▶ [Exercise directions]:
Give back exactly the stretch of data below from the line holding "let (text, rest) = split_signed(bytes);" through the line holding "fn read_value<'a>(words: &[Name], domain: &Domain, bytes: &'a", both ends included, and leave the remaining lines out.

■ ■ ■ ■ ■

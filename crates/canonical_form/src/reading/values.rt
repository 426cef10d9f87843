//! Reads the attributes of an instance.
ghost use Rattle.std.specs.Prelude.{◌≡◌, ℕ, ℤ, ◌+◌, ◌^◌, ◌<◌, ◌++◌, List, [], ◌∷◌, length, codes, IsTrue, IfOk, IfErr, IfSome, None};
ghost use Rattle.std.specs.List.{list_all, position};
ghost use Rattle.std.specs.Fmt.{signed_decimal};
ghost use Rattle.prod_model.specs.Limits.{is_within, farthest_end, most_instances};
ghost use Rattle.prod_model.specs.Names.{is_word, same_text};
ghost use Rattle.prod_model.specs.Valid.{IsValid};
ghost use Rattle.prod_model.specs.Taxonomy.{words_of, attributes_of, ports_of};
ghost use Rattle.config_value.specs.Spelled.{is_word_place};
ghost use Rattle.canonical_form.specs.steps.Pieces.{word_piece, value_piece, is_written_value, is_written, attribute_piece};
ghost use Rattle.canonical_form.specs.AnswerParts.{behind_number, behind_word, value_end};
ghost use Rattle.canonical_form.specs.steps.FirstRows.{AreFirsts};
ghost use Rattle.canonical_form.specs.steps.Grammar.{at_members};
ghost use Rattle.canonical_form.specs.steps.Reading.{Takes, TakesNone, AreValues, Refuses, end_of_domain, without_sign};

use super::tokens::{Reach, behind_sign, number_of, split_token};
use crate::fault::{AnswerRefusal, PartCode};
use crate::names::KnownTypes;
use prod_model::limits::FARTHEST_END;
use prod_model::{AttrAt, AttrDecl, Domain, Items, Name};
use std::alloc::Global;

/// The longest front of bytes that is a number with its sign, and the rest.
fn split_signed(bytes: &[u8]) -> (&[u8], &[u8])
    ensures takes { Takes result.0.now behind_number bytes.now result.1.now }
    ensures only { (v : ℤ) (rest : List ℕ) → IsTrue (is_within farthest_end v)
        → Takes (signed_decimal v) behind_number bytes.now rest → signed_decimal v ≡ result.0.now }
{
    let (_, rest) = split_token(Reach::Number, without_sign(bytes));
    bytes.split_at(bytes.len() - rest.len())
}

/// The bytes behind a `-`, or all of them where none is the first.
fn without_sign(bytes: &[u8]) -> &[u8]
    ensures { result.now ≡ without_sign bytes.now }
{
    match bytes.split_first() {
        Some((first, rest)) if *first == b'-' => rest,
        _ => bytes,
    }
}

/// A whole number within a million, and what stands behind it.
fn read_number(bytes: &[u8]) -> Option<(i64, &[u8])>
    ensures found { IfSome result (λ r. IsTrue (is_within farthest_end r.0)
        × Takes (signed_decimal r.0) behind_number bytes.now r.1.now) }
    ensures none { result ≡ None
        → TakesNone signed_decimal (λ v. behind_number) (is_within farthest_end) bytes.now }
{
    let (text, rest) = split_signed(bytes);
    let number = number_of(text)?;
    if !is_within(number) {
        return None;
    }
    Some((number, rest))
}

fn is_within(number: i64) -> bool
    ensures { result ≡ is_within farthest_end number }
{
    -FARTHEST_END <= number && number <= FARTHEST_END
}

/// The place of a word among these, and what stands behind it.
fn read_word<'a>(words: &[Name], bytes: &'a [u8]) -> Option<(i64, &'a [u8])>
    requires formed { IsTrue (list_all is_word words.now) }
    requires few { length words.now < 2 ^ 63 }
    ensures found { IfSome result (λ r. IsTrue (is_word_place (length words.now) r.0)
        × Takes (word_piece words.now r.0) behind_word bytes.now r.1.now) }
    ensures none { result ≡ None → TakesNone (word_piece words.now) (λ v. behind_word)
        (is_word_place (length words.now)) bytes.now }
{
    let (text, rest) = split_token(Reach::Word, bytes);
    let place = place_of(words, text)?;
    Some((place as i64, rest))
}

/// The place of the first word of that text.
fn place_of(words: &[Name], text: &[u8]) -> Option<usize>
    ensures { result ≡ position (λ word. same_text word text.now) words.now }
{
    words.iter().position(|word| word.bytes() == text)
}

/// A value of a domain, and what stands behind it.
fn read_value<'a>(words: &[Name], domain: &Domain, bytes: &'a [u8]) -> Option<(i64, &'a [u8])>
    requires formed { IsTrue (list_all is_word words.now) }
    requires few { length words.now < 2 ^ 63 }
    ensures found { IfSome result (λ r. IsTrue (is_written_value (length words.now) domain.now r.0)
        × Takes (value_piece words.now domain.now r.0) (end_of_domain domain.now)
        bytes.now r.1.now) }
    ensures none { result ≡ None → TakesNone (value_piece words.now domain.now)
        (λ v. end_of_domain domain.now) (is_written_value (length words.now) domain.now) bytes.now }
{
    match domain {
        Domain::Range { .. } => read_number(bytes),
        Domain::Words(_) => read_word(words, bytes),
    }
}

/// The value of an attribute, and what stands behind it.
#[tactic(auto, unfolding(crate::specs::steps::Pieces::attribute_piece))]
fn read_attribute<'a>(first: &AttrDecl, at: &AttrAt, bytes: &'a [u8]) -> Option<(i64, &'a [u8])>
    requires formed { IsTrue (list_all is_word (words_of first.now.domain)) }
    requires few { length (words_of first.now.domain) < 2 ^ 63 }
    ensures found { IfSome result (λ r. IsTrue (is_written (first.now, (at.now, r.0)))
        × Takes (attribute_piece (first.now, (at.now, r.0))) (value_end at.now)
        bytes.now r.1.now) }
    ensures none { result ≡ None → TakesNone (λ v. attribute_piece (first.now, (at.now, v)))
        (λ v. value_end at.now) (λ v. is_written (first.now, (at.now, v))) bytes.now }
{
    let rest = behind_sign(first.name.bytes(), b'=', bytes)?;
    read_value(first.domain.words(), &at.domain, rest)
}

/// Values of all attributes of a type, in the line of an instance, and what stands behind them. It
/// goes once over the attributes. Refused at `Attribute` where one is not there with a value that
/// can be written.
pub fn read_attributes<'a>(
    alloc: Global,
    known: &KnownTypes,
    number: u32,
    kind: u32,
    bytes: &'a [u8],
) -> Result<(Items<i64>, &'a [u8]), AnswerRefusal>
    requires valid { IsValid known.now.problem.now }
    requires typed { kind < length known.now.problem.now.types }
    requires firsts { AreFirsts known.now.problem.now known.now.rows.items }
    requires few { number < most_instances }
    ensures read { IfOk result
        (λ r. AreValues known.now.problem.now number kind bytes.now r.0 r.1.now) }
    ensures refused { IfErr result (Refuses known.now.problem.now
        (at_members number (attributes_of known.now.problem.now.types kind)
        (ports_of known.now.problem.now.types kind)) bytes.now) }
{
    let firsts = &known.rows[kind as usize].attributes;
    let attrs = known.problem.attrs_of(kind);
    let mut values = Items::new(alloc);
    let mut rest = bytes;
    for k in 0..attrs.len() {
        let Some((value, after)) = read_attribute(firsts[k], &attrs[k], rest) else {
            return Err(AnswerRefusal::at(number + 2, PartCode::Attribute));
        };
        values.push(value)?;
        rest = after;
    }
    Ok((values, rest))
}
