//! Reads the line of an instance.
ghost use Rattle.std.specs.Prelude.{◌≡◌, ◌≢◌, ◌<◌, [], map, IsTrue, IfOk, IfErr, IfSome, None};
ghost use Rattle.prod_model.specs.Forest.{is_leaf};
ghost use Rattle.prod_model.specs.Limits.{most_instances};
ghost use Rattle.prod_model.specs.Valid.{IsValid};
ghost use Rattle.canonical_form.specs.AnswerParts.{behind_name};
ghost use Rattle.canonical_form.specs.steps.FirstRows.{AreFirsts};
ghost use Rattle.canonical_form.specs.steps.Grammar.{at_number};
ghost use Rattle.canonical_form.specs.steps.Reading.{Takes, TakesNone, type_text, IsInstance, Refuses};

use super::links::read_ports;
use super::tokens::{Reach, behind_byte, behind_number, split_token};
use super::type_names::TypeNames;
use super::values::read_attributes;
use crate::fault::{AnswerRefusal, PartCode};
use crate::names::KnownTypes;
use config_value::Instance;
use prod_model::Problem;
use std::alloc::Global;

/// The number of a leaf type, behind a blank, and what stands behind its name.
fn read_type<'a>(
    problem: &Problem,
    names: &TypeNames<'_>,
    bytes: &'a [u8],
) -> Option<(u32, &'a [u8])>
    requires valid { IsValid problem.now }
    requires named { names.now ≡ map (λ d. d.name) problem.now.types }
    ensures found { IfSome result (λ r. IsTrue (is_leaf problem.now r.0)
        × Takes (type_text problem.now r.0) behind_name bytes.now r.1.now) }
    ensures none { result ≡ None → TakesNone (type_text problem.now) (λ t. behind_name)
        (is_leaf problem.now) bytes.now }
{
    let named = behind_byte(b' ', bytes)?;
    let (name, rest) = split_token(Reach::Name, named);
    let kind = names.place_of(name)?;
    if !problem.is_leaf(kind) {
        return None;
    }
    Some((kind, rest))
}

/// An instance of that number, and what stands behind its line. Refused at `Number` where the line
/// does not begin with the number, at `TypeName` where no leaf type is next, at `Attribute` or
/// `Port` where one is not there, and at `LineEnd` where the line does not end there.
pub fn read_instance<'a>(
    alloc: Global,
    known: &KnownTypes,
    names: &TypeNames<'_>,
    number: u32,
    bytes: &'a [u8],
) -> Result<(Instance, &'a [u8]), AnswerRefusal>
    requires valid { IsValid known.now.problem.now }
    requires firsts { AreFirsts known.now.problem.now known.now.rows.items }
    requires named { names.now ≡ map (λ d. d.name) known.now.problem.now.types }
    requires few { number < most_instances }
    requires unended { 0 < number → bytes.now ≢ [] }
    ensures read { IfOk result
        (λ r. IsInstance known.now.problem.now number bytes.now r.0 r.1.now) }
    ensures refused { IfErr result
        (Refuses known.now.problem.now (at_number number) bytes.now) }
{
    let Some(typed) = behind_number(number, bytes) else {
        return Err(AnswerRefusal::at(number + 2, PartCode::Number));
    };
    let Some((kind, rest)) = read_type(known.problem, names, typed) else {
        return Err(AnswerRefusal::at(number + 2, PartCode::TypeName));
    };
    let (values, rest) = read_attributes(alloc, known, number, kind, rest)?;
    let (links, rest) = read_ports(alloc, known, number, kind, rest)?;
    let Some(next) = behind_byte(b'\n', rest) else {
        return Err(AnswerRefusal::at(number + 2, PartCode::LineEnd));
    };
    let instance = Instance {
        kind,
        values,
        links,
    };
    Ok((instance, next))
}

■ ■ ■ ■ ■

▶ [Solution to the exercise]:
    let (text, rest) = split_signed(bytes);
    let number = number_of(text)?;
    if !is_within(number) {
        return None;
    }
    Some((number, rest))
}

fn is_within(number: i64) -> bool
    ensures { result ≡ is_within farthest_end number }
{
    -FARTHEST_END <= number && number <= FARTHEST_END
}

/// The place of a word among these, and what stands behind it.
fn read_word<'a>(words: &[Name], bytes: &'a [u8]) -> Option<(i64, &'a [u8])>
    requires formed { IsTrue (list_all is_word words.now) }
    requires few { length words.now < 2 ^ 63 }
    ensures found { IfSome result (λ r. IsTrue (is_word_place (length words.now) r.0)
        × Takes (word_piece words.now r.0) behind_word bytes.now r.1.now) }
    ensures none { result ≡ None → TakesNone (word_piece words.now) (λ v. behind_word)
        (is_word_place (length words.now)) bytes.now }
{
    let (text, rest) = split_token(Reach::Word, bytes);
    let place = place_of(words, text)?;
    Some((place as i64, rest))
}

/// The place of the first word of that text.
fn place_of(words: &[Name], text: &[u8]) -> Option<usize>
    ensures { result ≡ position (λ word. same_text word text.now) words.now }
{
    words.iter().position(|word| word.bytes() == text)
}

/// A value of a domain, and what stands behind it.
fn read_value<'a>(words: &[Name], domain: &Domain, bytes: &'a [u8]) -> Option<(i64, &'a [u8])>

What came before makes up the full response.